A line below contains "of that name.", and a later one contains "(λ inode. inode". Repeat both, with every line between them, exactly.

Supplied records:
=== Begin Enclosure ===

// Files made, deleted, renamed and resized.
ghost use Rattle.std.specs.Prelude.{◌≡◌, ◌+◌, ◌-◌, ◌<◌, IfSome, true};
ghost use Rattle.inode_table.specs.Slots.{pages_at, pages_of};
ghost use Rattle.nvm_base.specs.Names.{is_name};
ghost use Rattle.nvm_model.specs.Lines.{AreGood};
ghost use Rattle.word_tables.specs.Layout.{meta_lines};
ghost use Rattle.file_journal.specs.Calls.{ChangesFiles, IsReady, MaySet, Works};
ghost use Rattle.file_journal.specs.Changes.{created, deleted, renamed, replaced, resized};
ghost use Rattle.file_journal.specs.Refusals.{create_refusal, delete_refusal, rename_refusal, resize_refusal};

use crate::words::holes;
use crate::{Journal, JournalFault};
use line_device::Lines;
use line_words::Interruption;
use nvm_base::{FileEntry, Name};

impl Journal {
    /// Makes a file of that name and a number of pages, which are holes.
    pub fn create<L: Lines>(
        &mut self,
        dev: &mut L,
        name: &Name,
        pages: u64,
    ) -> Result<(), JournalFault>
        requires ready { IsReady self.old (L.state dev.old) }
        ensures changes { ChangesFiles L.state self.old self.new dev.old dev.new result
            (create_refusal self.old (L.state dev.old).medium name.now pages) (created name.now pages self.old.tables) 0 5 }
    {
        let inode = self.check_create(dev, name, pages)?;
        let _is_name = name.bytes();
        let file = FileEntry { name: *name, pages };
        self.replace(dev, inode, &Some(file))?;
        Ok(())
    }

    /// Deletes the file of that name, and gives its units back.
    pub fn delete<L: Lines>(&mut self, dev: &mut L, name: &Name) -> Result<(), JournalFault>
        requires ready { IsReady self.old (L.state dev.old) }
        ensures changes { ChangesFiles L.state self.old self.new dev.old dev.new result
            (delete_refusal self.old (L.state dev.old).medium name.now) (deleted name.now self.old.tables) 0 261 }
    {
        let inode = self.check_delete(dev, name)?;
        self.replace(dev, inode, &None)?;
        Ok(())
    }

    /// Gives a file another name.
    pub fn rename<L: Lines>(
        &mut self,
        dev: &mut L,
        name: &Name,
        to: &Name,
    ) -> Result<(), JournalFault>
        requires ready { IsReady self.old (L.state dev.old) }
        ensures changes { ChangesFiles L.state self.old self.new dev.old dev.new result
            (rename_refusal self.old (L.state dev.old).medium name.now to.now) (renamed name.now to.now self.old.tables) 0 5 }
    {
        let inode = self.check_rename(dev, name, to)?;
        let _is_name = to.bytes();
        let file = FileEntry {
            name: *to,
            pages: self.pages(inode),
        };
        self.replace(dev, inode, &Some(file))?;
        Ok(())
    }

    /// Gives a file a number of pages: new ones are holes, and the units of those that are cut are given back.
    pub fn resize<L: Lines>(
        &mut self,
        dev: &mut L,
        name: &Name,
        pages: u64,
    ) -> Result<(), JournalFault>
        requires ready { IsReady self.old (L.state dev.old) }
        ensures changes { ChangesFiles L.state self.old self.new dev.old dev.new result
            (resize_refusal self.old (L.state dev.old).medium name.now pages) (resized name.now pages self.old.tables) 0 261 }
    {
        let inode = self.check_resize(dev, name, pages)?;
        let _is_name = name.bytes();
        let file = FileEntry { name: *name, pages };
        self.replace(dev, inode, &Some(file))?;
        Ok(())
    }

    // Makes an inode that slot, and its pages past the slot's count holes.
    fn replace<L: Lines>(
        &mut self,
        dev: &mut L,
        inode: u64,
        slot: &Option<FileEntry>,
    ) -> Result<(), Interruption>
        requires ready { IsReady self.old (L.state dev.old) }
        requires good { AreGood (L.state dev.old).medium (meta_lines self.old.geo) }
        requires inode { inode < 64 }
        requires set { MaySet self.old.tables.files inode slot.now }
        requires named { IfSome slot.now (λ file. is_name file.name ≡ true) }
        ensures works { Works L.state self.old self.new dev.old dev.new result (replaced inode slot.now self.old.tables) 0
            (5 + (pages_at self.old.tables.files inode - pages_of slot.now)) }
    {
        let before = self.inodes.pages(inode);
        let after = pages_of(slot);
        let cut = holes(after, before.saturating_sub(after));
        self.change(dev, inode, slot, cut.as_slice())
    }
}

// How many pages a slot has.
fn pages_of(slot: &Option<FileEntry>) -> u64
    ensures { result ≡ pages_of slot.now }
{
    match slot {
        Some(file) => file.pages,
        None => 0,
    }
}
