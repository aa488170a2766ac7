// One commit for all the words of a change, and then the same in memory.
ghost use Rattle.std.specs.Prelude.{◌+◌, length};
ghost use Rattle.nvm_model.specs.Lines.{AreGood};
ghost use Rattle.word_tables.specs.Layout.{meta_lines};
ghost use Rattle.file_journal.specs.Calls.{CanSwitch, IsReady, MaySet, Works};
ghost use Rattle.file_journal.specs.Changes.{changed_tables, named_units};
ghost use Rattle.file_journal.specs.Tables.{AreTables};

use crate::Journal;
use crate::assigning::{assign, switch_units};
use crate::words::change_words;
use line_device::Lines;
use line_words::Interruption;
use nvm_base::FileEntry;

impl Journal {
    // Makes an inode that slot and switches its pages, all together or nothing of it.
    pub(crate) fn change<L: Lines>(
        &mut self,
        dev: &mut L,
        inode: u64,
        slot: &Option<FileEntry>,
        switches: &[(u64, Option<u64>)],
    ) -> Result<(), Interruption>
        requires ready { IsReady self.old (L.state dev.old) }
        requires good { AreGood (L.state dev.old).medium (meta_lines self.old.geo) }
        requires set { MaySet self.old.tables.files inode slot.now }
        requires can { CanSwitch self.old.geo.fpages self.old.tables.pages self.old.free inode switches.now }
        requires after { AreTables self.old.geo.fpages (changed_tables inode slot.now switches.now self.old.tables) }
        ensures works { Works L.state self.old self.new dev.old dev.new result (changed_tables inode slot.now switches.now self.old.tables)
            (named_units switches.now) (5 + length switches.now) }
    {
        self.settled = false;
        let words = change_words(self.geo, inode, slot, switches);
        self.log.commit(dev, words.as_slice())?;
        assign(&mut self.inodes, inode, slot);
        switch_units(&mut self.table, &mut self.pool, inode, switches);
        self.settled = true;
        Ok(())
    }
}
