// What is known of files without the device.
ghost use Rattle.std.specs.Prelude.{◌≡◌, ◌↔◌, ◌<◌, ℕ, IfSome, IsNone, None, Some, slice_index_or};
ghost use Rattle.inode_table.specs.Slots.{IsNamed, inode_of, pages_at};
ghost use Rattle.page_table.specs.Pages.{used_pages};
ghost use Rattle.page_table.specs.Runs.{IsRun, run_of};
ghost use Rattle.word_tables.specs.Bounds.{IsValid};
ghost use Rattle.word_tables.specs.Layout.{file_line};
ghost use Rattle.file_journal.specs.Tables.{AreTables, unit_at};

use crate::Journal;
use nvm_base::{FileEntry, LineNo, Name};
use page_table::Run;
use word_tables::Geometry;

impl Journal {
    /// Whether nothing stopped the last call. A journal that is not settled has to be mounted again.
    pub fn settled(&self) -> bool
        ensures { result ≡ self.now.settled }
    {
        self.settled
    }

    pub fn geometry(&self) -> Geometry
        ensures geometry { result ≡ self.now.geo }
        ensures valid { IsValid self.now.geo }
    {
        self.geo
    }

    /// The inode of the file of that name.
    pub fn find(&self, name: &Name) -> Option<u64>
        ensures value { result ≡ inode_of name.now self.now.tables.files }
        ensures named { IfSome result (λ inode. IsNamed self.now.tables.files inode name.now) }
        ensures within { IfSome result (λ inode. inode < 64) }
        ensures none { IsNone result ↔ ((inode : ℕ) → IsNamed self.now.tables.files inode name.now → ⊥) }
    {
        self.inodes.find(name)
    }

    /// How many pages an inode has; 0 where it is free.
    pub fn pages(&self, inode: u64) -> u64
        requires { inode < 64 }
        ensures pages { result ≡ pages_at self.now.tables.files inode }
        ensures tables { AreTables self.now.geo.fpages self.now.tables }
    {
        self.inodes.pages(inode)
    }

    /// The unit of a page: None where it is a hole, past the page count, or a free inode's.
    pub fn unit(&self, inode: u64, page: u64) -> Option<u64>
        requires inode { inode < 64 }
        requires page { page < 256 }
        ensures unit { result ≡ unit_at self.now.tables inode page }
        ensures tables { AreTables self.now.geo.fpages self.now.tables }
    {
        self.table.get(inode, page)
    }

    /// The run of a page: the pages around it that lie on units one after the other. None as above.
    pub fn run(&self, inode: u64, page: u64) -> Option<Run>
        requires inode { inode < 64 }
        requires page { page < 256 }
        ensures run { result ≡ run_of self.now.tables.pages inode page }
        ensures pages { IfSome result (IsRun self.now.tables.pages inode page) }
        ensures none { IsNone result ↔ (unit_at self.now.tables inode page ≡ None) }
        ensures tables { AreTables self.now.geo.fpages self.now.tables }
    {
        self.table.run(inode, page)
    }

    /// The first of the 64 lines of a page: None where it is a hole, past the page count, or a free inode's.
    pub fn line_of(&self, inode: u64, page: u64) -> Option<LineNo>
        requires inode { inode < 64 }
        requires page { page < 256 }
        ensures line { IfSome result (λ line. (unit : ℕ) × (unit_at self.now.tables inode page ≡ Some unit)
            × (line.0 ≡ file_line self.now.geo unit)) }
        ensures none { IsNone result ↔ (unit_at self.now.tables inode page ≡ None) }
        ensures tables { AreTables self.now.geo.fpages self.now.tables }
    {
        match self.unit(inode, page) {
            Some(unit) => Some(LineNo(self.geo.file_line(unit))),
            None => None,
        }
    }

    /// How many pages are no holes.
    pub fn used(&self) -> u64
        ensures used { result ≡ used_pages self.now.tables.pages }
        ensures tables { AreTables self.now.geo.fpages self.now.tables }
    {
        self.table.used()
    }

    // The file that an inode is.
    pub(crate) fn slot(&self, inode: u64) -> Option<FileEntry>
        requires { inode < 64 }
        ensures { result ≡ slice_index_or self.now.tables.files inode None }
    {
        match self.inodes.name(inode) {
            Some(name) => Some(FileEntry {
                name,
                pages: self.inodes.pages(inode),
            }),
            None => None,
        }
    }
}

=== End Enclosure ===

Reply:
    /// The inode of the file of that name.
    pub fn find(&self, name: &Name) -> Option<u64>
        ensures value { result ≡ inode_of name.now self.now.tables.files }
        ensures named { IfSome result (λ inode. IsNamed self.now.tables.files inode name.now) }
        ensures within { IfSome result (λ inode. inode < 64) }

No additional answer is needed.